- [WHAT YOU ARE ASKED TO DO]: Output all entries below exactly as they are given.

┄┄┄┄┄┄┄┄┄┄┄┄┄┄┄┄┄┄┄┄

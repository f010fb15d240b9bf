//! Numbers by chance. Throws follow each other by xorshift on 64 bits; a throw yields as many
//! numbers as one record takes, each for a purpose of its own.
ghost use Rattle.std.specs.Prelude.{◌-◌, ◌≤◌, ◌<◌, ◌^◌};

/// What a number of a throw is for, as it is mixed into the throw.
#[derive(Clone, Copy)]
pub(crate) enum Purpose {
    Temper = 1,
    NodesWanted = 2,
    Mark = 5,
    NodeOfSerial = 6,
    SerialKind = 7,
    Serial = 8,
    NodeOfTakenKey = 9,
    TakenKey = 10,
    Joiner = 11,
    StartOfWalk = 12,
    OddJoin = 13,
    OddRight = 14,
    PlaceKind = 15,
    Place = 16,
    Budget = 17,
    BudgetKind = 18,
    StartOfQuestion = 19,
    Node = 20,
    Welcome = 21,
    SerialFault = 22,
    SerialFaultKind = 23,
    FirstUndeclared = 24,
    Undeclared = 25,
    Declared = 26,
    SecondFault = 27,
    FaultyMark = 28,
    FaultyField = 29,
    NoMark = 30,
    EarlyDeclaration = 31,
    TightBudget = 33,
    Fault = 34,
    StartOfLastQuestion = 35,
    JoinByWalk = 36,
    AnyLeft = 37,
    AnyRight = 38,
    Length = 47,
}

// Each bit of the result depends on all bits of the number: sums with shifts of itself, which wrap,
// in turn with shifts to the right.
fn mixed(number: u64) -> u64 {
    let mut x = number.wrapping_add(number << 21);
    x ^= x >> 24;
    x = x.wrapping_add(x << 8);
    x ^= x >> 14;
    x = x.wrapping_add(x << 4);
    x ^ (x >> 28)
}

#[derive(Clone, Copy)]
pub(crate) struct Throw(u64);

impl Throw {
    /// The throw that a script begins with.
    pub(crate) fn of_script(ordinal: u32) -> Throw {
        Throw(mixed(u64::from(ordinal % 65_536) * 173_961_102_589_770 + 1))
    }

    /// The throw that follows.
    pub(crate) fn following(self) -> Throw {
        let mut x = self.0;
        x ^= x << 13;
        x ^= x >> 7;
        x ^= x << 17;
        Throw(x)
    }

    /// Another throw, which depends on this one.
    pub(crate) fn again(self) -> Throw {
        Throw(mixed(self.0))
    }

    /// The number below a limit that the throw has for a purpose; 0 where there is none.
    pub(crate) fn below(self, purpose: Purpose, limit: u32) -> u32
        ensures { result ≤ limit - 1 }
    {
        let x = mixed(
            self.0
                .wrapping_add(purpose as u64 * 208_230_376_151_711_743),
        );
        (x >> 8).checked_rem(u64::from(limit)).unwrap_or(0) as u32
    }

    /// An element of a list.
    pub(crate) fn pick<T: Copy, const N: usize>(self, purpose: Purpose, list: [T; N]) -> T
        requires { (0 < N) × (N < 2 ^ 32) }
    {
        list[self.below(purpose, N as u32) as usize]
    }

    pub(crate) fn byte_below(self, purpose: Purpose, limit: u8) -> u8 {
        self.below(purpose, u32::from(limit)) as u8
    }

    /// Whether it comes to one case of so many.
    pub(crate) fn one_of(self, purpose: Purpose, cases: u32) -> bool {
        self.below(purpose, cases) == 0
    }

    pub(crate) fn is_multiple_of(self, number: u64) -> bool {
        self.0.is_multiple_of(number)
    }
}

┄┄┄┄┄┄┄┄┄┄┄┄┄┄┄┄┄┄┄┄

- [OUTPUT BELOW]:
repository f010fb15d240b9bf
//! Numbers by chance. Throws follow each other by xorshift on 64 bits; a throw yields as many
//! numbers as one record takes, each for a purpose of its own.
ghost use Rattle.std.specs.Prelude.{◌-◌, ◌≤◌, ◌<◌, ◌^◌};

/// What a number of a throw is for, as it is mixed into the throw.
#[derive(Clone, Copy)]
pub(crate) enum Purpose {
    Temper = 1,
    NodesWanted = 2,
    Mark = 5,
    NodeOfSerial = 6,
    SerialKind = 7,
    Serial = 8,
    NodeOfTakenKey = 9,
    TakenKey = 10,
    Joiner = 11,
    StartOfWalk = 12,
    OddJoin = 13,
    OddRight = 14,
    PlaceKind = 15,
    Place = 16,
    Budget = 17,
    BudgetKind = 18,
    StartOfQuestion = 19,
    Node = 20,
    Welcome = 21,
    SerialFault = 22,
    SerialFaultKind = 23,
    FirstUndeclared = 24,
    Undeclared = 25,
    Declared = 26,
    SecondFault = 27,
    FaultyMark = 28,
    FaultyField = 29,
    NoMark = 30,
    EarlyDeclaration = 31,
    TightBudget = 33,
    Fault = 34,
    StartOfLastQuestion = 35,
    JoinByWalk = 36,
    AnyLeft = 37,
    AnyRight = 38,
    Length = 47,
}

// Each bit of the result depends on all bits of the number: sums with shifts of itself, which wrap,
// in turn with shifts to the right.
fn mixed(number: u64) -> u64 {
    let mut x = number.wrapping_add(number << 21);
    x ^= x >> 24;
    x = x.wrapping_add(x << 8);
    x ^= x >> 14;
    x = x.wrapping_add(x << 4);
    x ^ (x >> 28)
}

#[derive(Clone, Copy)]
pub(crate) struct Throw(u64);

impl Throw {
    /// The throw that a script begins with.
    pub(crate) fn of_script(ordinal: u32) -> Throw {
        Throw(mixed(u64::from(ordinal % 65_536) * 173_961_102_589_770 + 1))
    }

    /// The throw that follows.
    pub(crate) fn following(self) -> Throw {
        let mut x = self.0;
        x ^= x << 13;
        x ^= x >> 7;
        x ^= x << 17;
        Throw(x)
    }

    /// Another throw, which depends on this one.
    pub(crate) fn again(self) -> Throw {
        Throw(mixed(self.0))
    }

    /// The number below a limit that the throw has for a purpose; 0 where there is none.
    pub(crate) fn below(self, purpose: Purpose, limit: u32) -> u32
        ensures { result ≤ limit - 1 }
    {
        let x = mixed(
            self.0
                .wrapping_add(purpose as u64 * 208_230_376_151_711_743),
        );
        (x >> 8).checked_rem(u64::from(limit)).unwrap_or(0) as u32
    }

    /// An element of a list.
    pub(crate) fn pick<T: Copy, const N: usize>(self, purpose: Purpose, list: [T; N]) -> T
        requires { (0 < N) × (N < 2 ^ 32) }
    {
        list[self.below(purpose, N as u32) as usize]
    }

    pub(crate) fn byte_below(self, purpose: Purpose, limit: u8) -> u8 {
        self.below(purpose, u32::from(limit)) as u8
    }

    /// Whether it comes to one case of so many.
    pub(crate) fn one_of(self, purpose: Purpose, cases: u32) -> bool {
        self.below(purpose, cases) == 0
    }

    pub(crate) fn is_multiple_of(self, number: u64) -> bool {
        self.0.is_multiple_of(number)
    }
}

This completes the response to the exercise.